Sift the listing for lines that hold the string "parts" and pull them out.

• Provided records:
§ §

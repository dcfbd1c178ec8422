//! Texts and their tokens, by the rules on tokens.

use crate::texts::placed;
use cob_base::NoMemory;
use cob_tree::Number;
use cobol_lex::{LexError, LexFault, Token, TokenKind, tokens};
use std::alloc::Global;
use std::slice;
use std::test::Fail;

fn digit(byte: u8) -> u8 {
    byte.saturating_sub(b'0')
}

// What is left behind a mark and these bytes; none where they don't come first.
fn behind_marked<'a>(shown: &'a [u8], mark: &[u8], bytes: &[u8]) -> Option<&'a [u8]> {
    shown.strip_prefix(mark)?.strip_prefix(bytes)
}

// What is left behind a number: its sign, its digits, a `/`, and its scale.
fn behind_number<'a>(shown: &'a [u8], number: &Number) -> Option<&'a [u8]> {
    let sign: &[u8] = if number.negative { b"#-" } else { b"#+" };
    match behind_marked(shown, sign, number.digits.as_slice())? {
        [b'/', scale, rest @ ..] => {
            if digit(*scale) == number.scale {
                Some(rest)
            } else {
                None
            }
        }
        _ => None,
    }
}

fn behind_kind<'a>(shown: &'a [u8], kind: &TokenKind) -> Option<&'a [u8]> {
    match kind {
        TokenKind::Word(word) => shown.strip_prefix(word.as_slice()),
        TokenKind::Digits(digits) => behind_marked(shown, b"#", digits.as_slice()),
        TokenKind::Decimal(number) => behind_number(shown, number.get()),
        TokenKind::Literal(value) => behind_marked(shown, b"\"", value.as_slice()),
        TokenKind::Picture(picture) => behind_marked(shown, b"~", picture.as_slice()),
        TokenKind::Period => shown.strip_prefix(b"."),
        TokenKind::Mark(mark) => shown.strip_prefix(slice::from_ref(mark)),
        TokenKind::LessEqual => shown.strip_prefix(b"<="),
        TokenKind::GreaterEqual => shown.strip_prefix(b">="),
        TokenKind::Power => shown.strip_prefix(b"**"),
    }
}

// What is left behind a `|`, the line of a token, a space, and the token.
fn behind<'a>(shown: &'a [u8], token: &Token) -> Option<&'a [u8]> {
    match shown {
        [b'|', line, b' ', rest @ ..] => {
            if u32::from(digit(*line)) == token.line {
                behind_kind(rest, &token.kind)
            } else {
                None
            }
        }
        _ => None,
    }
}

// Whether the tokens are shown so.
fn are_shown(tokens: &[Token], shown: &[u8]) -> bool {
    let mut rest = shown;
    for token in tokens {
        match behind(rest, token) {
            Some(left) => rest = left,
            None => return false,
        }
    }
    rest.is_empty()
}

// Whether the tokens of the parts are shown so.
fn are_read(alloc: Global, parts: &[&[u8]], shown: &[u8]) -> Result<bool, NoMemory> {
    let text = placed(alloc, parts)?;
    match tokens(alloc, &text) {
        Ok(found) => Ok(are_shown(found.as_slice(), shown)),
        Err(_) => Ok(false),
    }
}

// The fault of the parts, if they have one.
fn fault_of(alloc: Global, parts: &[&[u8]]) -> Result<Option<LexFault>, NoMemory> {
    let text = placed(alloc, parts)?;
    match tokens(alloc, &text) {
        Err(LexError::Fault(fault)) => Ok(Some(fault)),
        _ => Ok(None),
    }
}

const TOKENS: [(&[u8], &[u8]); 47] = [
    (b"", b""),
    (b" ,;\n", b""),
    (b"DISPLAY \"X\".", b"|1 DISPLAY|1 \"X|1 ."),
    (b"I+1", b"|1 I|1 +|1 #1"),
    (b"I + 1", b"|1 I|1 +|1 #1"),
    (b"I +1", b"|1 I|1 #+1/0"),
    (b"(+1", b"|1 (|1 #+1/0"),
    (b"A:-1", b"|1 A|1 :|1 #-1/0"),
    (b"A,-1;+2\n-3", b"|1 A|1 #-1/0|1 #+2/0|2 #-3/0"),
    (b"5 -3", b"|1 #5|1 #-3/0"),
    (b"5-3", b"|1 5-3"),
    (b"5+3", b"|1 #5|1 +|1 #3"),
    (b")-3", b"|1 )|1 -|1 #3"),
    (b"A-1", b"|1 A-1"),
    (b" -.5", b"|1 #-5/1"),
    (b"-.5", b"|1 -|1 #+5/1"),
    (b".5.", b"|1 #+5/1|1 ."),
    (b"1.", b"|1 #1|1 ."),
    (b"1.A", b"|1 #1|1 .|1 A"),
    (b"A.5", b"|1 A|1 #+5/1"),
    (b"12.340", b"|1 #+12340/3"),
    (b"12A", b"|1 12A"),
    (b"a--b", b"|1 A--B"),
    (b"-A", b"|1 -|1 A"),
    (b" - A", b"|1 -|1 A"),
    (b"123456789012345678", b"|1 #123456789012345678"),
    (b"12345678901234567890A", b"|1 12345678901234567890A"),
    (b"\"\"\"\"", b"|1 \"\""),
    (b"'A\"B' \"A'B\"", b"|1 \"A\"B|1 \"A'B"),
    (b"\"A\"\"B\"C", b"|1 \"A\"B|1 C"),
    (b"\"a\x80\xff\"", b"|1 \"a\x80\xff"),
    (b"PIC IS S9(5)V99.", b"|1 PIC|1 IS|1 ~S9(5)V99|1 ."),
    (b"picture x,", b"|1 PICTURE|1 ~x"),
    (b"PIC X(2);Y", b"|1 PIC|1 ~X(2);Y"),
    (b"PIC , 9.\nPIC 99.\n", b"|1 PIC|1 ~9|1 .|2 PIC|2 ~99|2 ."),
    (b"PIC \xff.", b"|1 PIC|1 ~\xff|1 ."),
    (b"PIC X..", b"|1 PIC|1 ~X.|1 ."),
    (b"PIC IS-X is", b"|1 PIC|1 ~IS-X|1 IS"),
    (b"PIC is is is", b"|1 PIC|1 IS|1 ~is|1 IS"),
    (b"PIC IS(1)", b"|1 PIC|1 IS|1 ~(1)"),
    (b"PIC", b"|1 PIC"),
    (b"**", b"|1 **"),
    (b"***", b"|1 **|1 *"),
    (b"<=>=", b"|1 <=|1 >="),
    (b"< =", b"|1 <|1 ="),
    (b"=> > */()", b"|1 =|1 >|1 >|1 *|1 /|1 (|1 )"),
    (
        b"A123456789B123456789C123456789",
        b"|1 A123456789B123456789C123456789",
    ),
];

const FAULTS: [(&[u8], LexFault); 20] = [
    (b"1.2.3", LexFault::BadNumber(1)),
    (b" +1A", LexFault::BadNumber(1)),
    (b"1.5-2", LexFault::BadNumber(1)),
    (b"12-", LexFault::BadWord(1)),
    (b"A-", LexFault::BadWord(1)),
    (b"A\n\nB-\nC-", LexFault::BadWord(3)),
    (b"1234567890123456789", LexFault::TooManyDigits(1)),
    (b"A.\n 1234567890.123456789", LexFault::TooManyDigits(2)),
    (b"0000000000000000000", LexFault::TooManyDigits(1)),
    (b"\"\"", LexFault::BadWord(1)),
    (b"\"A\"\"\n\"", LexFault::OpenLiteral(1)),
    (b"A.\nDISPLAY 'X", LexFault::OpenLiteral(2)),
    (b"A.\nDISPLAY 'X\n'.", LexFault::OpenLiteral(2)),
    (b"A \x80", LexFault::BadWord(1)),
    (b"A\xff", LexFault::BadWord(1)),
    (b"A\n ?", LexFault::BadWord(2)),
    (b"PIC .", LexFault::BadWord(1)),
    (b"PIC IS.", LexFault::BadWord(1)),
    (b"PIC IS .", LexFault::BadWord(1)),
    (b"A123456789B123456789C123456789D", LexFault::BadWord(1)),
];

const MOST: [u8; 160] = [b'x'; 160];

// A continued line ends without LF; a literal keeps the spaces at its end.
const CONTINUED: [(&[&[u8]], &[u8]); 2] = [
    (&[b"DISP", b"LAY \"X\"."], b"|1 DISPLAY|2 \"X|2 ."),
    (
        &[
            b"DISPLAY \"ABC                                                 ",
            b"DEF\".",
        ],
        b"|1 DISPLAY|1 \"ABC                                                 DEF|2 .",
    ),
];

#[test]
fn reads_tokens(rt: HostRuntime) -> Result<(), Fail> {
    for (text, shown) in TOKENS {
        assert!(rt; are_read(rt.alloc(), &[text], shown)?, "at {text:?}");
    }
    for (parts, shown) in CONTINUED {
        assert!(rt; are_read(rt.alloc(), parts, shown)?, "at {shown:?}");
    }
    Ok(())
}

#[test]
fn tells_faults(rt: HostRuntime) -> Result<(), Fail> {
    for (text, fault) in FAULTS {
        assert_eq!(rt; fault_of(rt.alloc(), &[text])?, Some(fault), "at {text:?}");
    }
    let parts: [&[u8]; 2] = [b"A DISP", b"LAY-"];
    assert_eq!(rt; fault_of(rt.alloc(), &parts)?, Some(LexFault::BadWord(1)));
    Ok(())
}

#[test]
fn measures_literals(rt: HostRuntime) -> Result<(), Fail> {
    let mut shown = [b'x'; 164];
    shown[0] = b'|';
    shown[1] = b'1';
    shown[2] = b' ';
    shown[3] = b'"';
    let most: [&[u8]; 3] = [b"'", &MOST, b"'"];
    assert!(rt; are_read(rt.alloc(), &most, &shown)?);
    let longer: [&[u8]; 3] = [b"'", &MOST, b"x'"];
    assert_eq!(rt; fault_of(rt.alloc(), &longer)?, Some(LexFault::BadWord(1)));
    Ok(())
}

§ §

• Solved exercise:
// Whether the tokens of the parts are shown so.
fn are_read(alloc: Global, parts: &[&[u8]], shown: &[u8]) -> Result<bool, NoMemory> {
    let text = placed(alloc, parts)?;
// The fault of the parts, if they have one.
fn fault_of(alloc: Global, parts: &[&[u8]]) -> Result<Option<LexFault>, NoMemory> {
    let text = placed(alloc, parts)?;
    for (parts, shown) in CONTINUED {
        assert!(rt; are_read(rt.alloc(), parts, shown)?, "at {shown:?}");
    let parts: [&[u8]; 2] = [b"A DISP", b"LAY-"];
    assert_eq!(rt; fault_of(rt.alloc(), &parts)?, Some(LexFault::BadWord(1)));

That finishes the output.